The easiest way to generate a working version would be to make a copy of your system’s current preset file and simply rename it:
[you@terminal]$ cp /etc/mkinitcpio.d/linux.preset /etc/mkinitcpio.d/linux519ramar-work.preset
Once copied, we can instruct mkinitcpio to create an initial ramdisk using the new file as a preset:
[you@terminal]$ mkinitcpio -k linux519-ramar-work -g /boot/initramfs-linux519-ramar-work.img
Your terminal should spew a bunch of text similar to the following:
==> Building image from preset: /etc/mkinitcpio.d/linux519.preset: 'default' -> -k /boot/vmlinuz-5.19.0ramar-work \ -c /etc/mkinitcpio.conf \ -g /boot/initramfs-5.19.0ramar-work.img ==> Starting build: 5.19.0ramar-work -> Running build hook: [base] -> Running build hook: [udev] -> Running build hook: [autodetect] -> Running build hook: [modconf] -> Running build hook: [block] -> Running build hook: [filesystems] -> Running build hook: [keyboard] -> Running build hook: [fsck] ==> Creating zstd-compressed initcpio image: /boot/initramfs-5.19.0ramar-work.img ==> Image generation successful ==> Building image from preset: /etc/mkinitcpio.d/linux519.preset: 'fallback' -> -k /boot/vmlinuz-5.19.0ramar-work \ -c /etc/mkinitcpio.conf \ -g /boot/initramfs-5.19.0ramar-work-fallback.img \ -S autodetect ==> Starting build: 5.19.0ramar-work -> Running build hook: [base] -> Running build hook: [udev] -> Running build hook: [modconf] -> Running build hook: [block] -> Running build hook: [filesystems] -> Running build hook: [keyboard] -> Running build hook: [fsck] ==> Generating module dependencies ==> Creating zstd-compressed initcpio image: \ /boot/initramfs-5.19.0ramar-work-fallback.img ==> Image generation successful
When building a kernel, we’ll also have a file called System.map which lays out the addresses of syscalls in this version of Linux. This is not needed to boot.

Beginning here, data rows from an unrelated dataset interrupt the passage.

const TRACE_PART: Part<'static> = Part {
    id: TRACE,
    form: Form::Path,
    about: "Path of the trace",
};

/// The subcommands.
#[derive(Clone, Copy)]
pub enum Subcommand {
    Calls,
    Check,
    Wave,
    View,
    Smp,
    Explore,
    Shrink,
    List,
}

const SUBCOMMANDS: &[Subcommand] = &[
    Subcommand::Calls,
    Subcommand::Check,
    Subcommand::Wave,
    Subcommand::View,
    Subcommand::Smp,
    Subcommand::Explore,
    Subcommand::Shrink,
    Subcommand::List,
];

/// The paths of a configuration and of the other text.
#[derive(Clone, Copy)]
pub struct Paths<'a> {
    pub config: &'a str,
    pub text: &'a str,
    /// What the other text is, where what stands beside a fault is to be shown.
    pub context: Option<TextForm>,
}

/// What is written of each event.
#[derive(Clone, Copy)]
pub enum Report {
    /// Its line of the trace.
    Line,
    /// That, and the state after it.
    State,
    /// Its line, and what of the state it changed.
    Changes,
}

/// What is asked of a trace.
#[derive(Clone, Copy)]
pub enum Asked {
    /// Whether it is the machine's.
    Verdict,
    /// Where it is not the machine's.
    Differences(Shown),
    /// Its waveform.
    Waveform,
    /// A page that shows it in a browser.
    Page,
    /// A page that shows it as the machine would have it, beside its lines that are not the machine's.
    DifferencesPage,
}

/// What is written of a partial trace.
#[derive(Clone, Copy)]
pub enum Partly {
    /// The verdict.
    Verdict,
    /// That, and the first line that is not the machine's.
    First,
    /// Each line that is not the machine's.
    Each,
    /// The machine's own lines, in the order in which it plays them.
    Order,
    /// A page of these, where the lines are the machine's.
    Page,
    /// That, or a page of the machine's own lines up to the first that is not, beside that line.
    DifferencesPage,
}

/// A configuration of which is listed what was read.
#[derive(Clone, Copy)]
pub struct Described<'a> {
    /// Its path.
    pub config: &'a str,
    /// Whether what stands beside a fault is to be shown.
    pub context: bool,
}

/// What the command line asks for.
#[derive(Clone, Copy)]
pub enum Request<'a> {
    /// What a configuration answers to a list of events.
    Calls(Paths<'a>, Report, Colour),
    /// What of the things with these names, between commas, the events change.
    Life(Paths<'a>, &'a str, Colour),
    /// What is asked of a trace.
    Trace(Paths<'a>, Asked),
    /// What is asked of a trace of which lines leave out parts.
    Partial(Paths<'a>, Partly),
    /// GTKWave's save file for a configuration. There is no other text.
    Save(Paths<'a>),
    /// The trace of processors that follow scripts.
    Smp(SmpRequest<'a>),
    /// What every order of what scripts ask shows.
    Explore(ExploreRequest<'a>),
    /// The events that are needed to show something.
    Shrink(ShrinkRequest<'a>),
    /// What may be written: all of it, or what is called so.
    List(Option<&'a str>),
    /// What was read of a configuration.
    Describe(Described<'a>),
}

/// The option for the form of fault lines, which goes with every command and is taken from the words before these are parsed.
fn diagnostics<'a>(alloc: Global) -> Arg<'a> {
    Arg::new(alloc, "diagnostics")
        .long("diagnostics")
        .value_name("FORM")
        .require_equals(true)
        .action(ArgAction::Set)
        .help("How each command reports faults, plain or gcc, by which editors jump to the place")
}

/// The command of a subcommand, for its help and for what is wrong in it.
fn command_of<'a>(alloc: Global, subcommand: Subcommand) -> Result<Command<'a>, AllocError> {
    match subcommand {
        Subcommand::Calls => line(alloc, CALLS, CALLS_PARTS),
        Subcommand::Check => line(alloc, CHECK, CHECK_PARTS),
        Subcommand::Wave => line(alloc, WAVE, WAVE_PARTS),
        Subcommand::View => line(alloc, VIEW, VIEW_PARTS),
        Subcommand::Smp => smp_command(alloc),
        Subcommand::Explore => explore_command(alloc),
        Subcommand::Shrink => shrink_command(alloc),
        Subcommand::List => line(alloc, LIST, LIST_PARTS),
    }
}

/// The program's command without its subcommands.
fn program<'a>(alloc: Global) -> Result<Command<'a>, AllocError> {
    Command::new(alloc, "fmpsim")
        .about(ABOUT)
        .version("0.1.0")
        .subcommand_required(true)
        .arg_required_else_help(true)
        .arg(diagnostics(alloc))
}

/// The whole command line, for its help and for what is wrong in it.
fn whole_command<'a>(alloc: Global) -> Result<Command<'a>, AllocError> {
    let mut whole = program(alloc)?;
    for subcommand in SUBCOMMANDS {
        whole = whole.subcommand(command_of(alloc, *subcommand)?)?;
    }
    Ok(whole)
}

/// The two paths that the words after a subcommand name.
fn named_paths<'a>(matches: &ArgMatches<'a>, text: &str, form: TextForm) -> Paths<'a>
    ensures { NamesPaths (rows_in matches.now) text.now form result }
{
    let config = text_in(matches, "CFG");
    let named = text_in(matches, text);
    let context = flag_in(matches, CONTEXT).then_some(form);
    Paths {
        config,
        text: named,
        context,
    }
}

[you@terminal]$ cp System.map /boot/System.map-linux519-ramar-work
Now we can go ahead and install our modules via make modules_install
…
[you@terminal]$ make modules_install
in which a successful run should look something like this:
INSTALL /lib/modules/5.19.0ramar-work/kernel/drivers/thermal/intel/x86_pkg_temp_thermal.ko INSTALL /lib/modules/5.19.0ramar-work/kernel/fs/efivarfs/efivarfs.ko INSTALL /lib/modules/5.19.0ramar-work/kernel/net/ipv4/netfilter/iptable_nat.ko INSTALL /lib/modules/5.19.0ramar-work/kernel/net/netfilter/nf_log_syslog.ko INSTALL /lib/modules/5.19.0ramar-work/kernel/net/netfilter/xt_LOG.ko INSTALL /lib/modules/5.19.0ramar-work/kernel/net/netfilter/xt_MASQUERADE.ko INSTALL /lib/modules/5.19.0ramar-work/kernel/net/netfilter/xt_addrtype.ko INSTALL /lib/modules/5.19.0ramar-work/kernel/net/netfilter/xt_mark.ko INSTALL /lib/modules/5.19.0ramar-work/kernel/net/netfilter/xt_nat.ko DEPMOD /lib/modules/5.19.0ramar-work
Our final step to installation, is notifying our bootloader that another kernel is available for use. Provided you are already using Linux and your system is already using Grub, there is no reason to reinstall the bootloader. You will, however, need a new configuration–since there are no facilities for Grub to detect new images at runtime.
[you@terminal]$ sudo grub-mkconfig -o /boot/grub/grub.cfg
Now we will need to reboot the system and test the new kernel. But wait, what if we should run into an issue?
In the future, I’ll be covering how to get fancy with your system’s boot process and debug issues with a kernel build.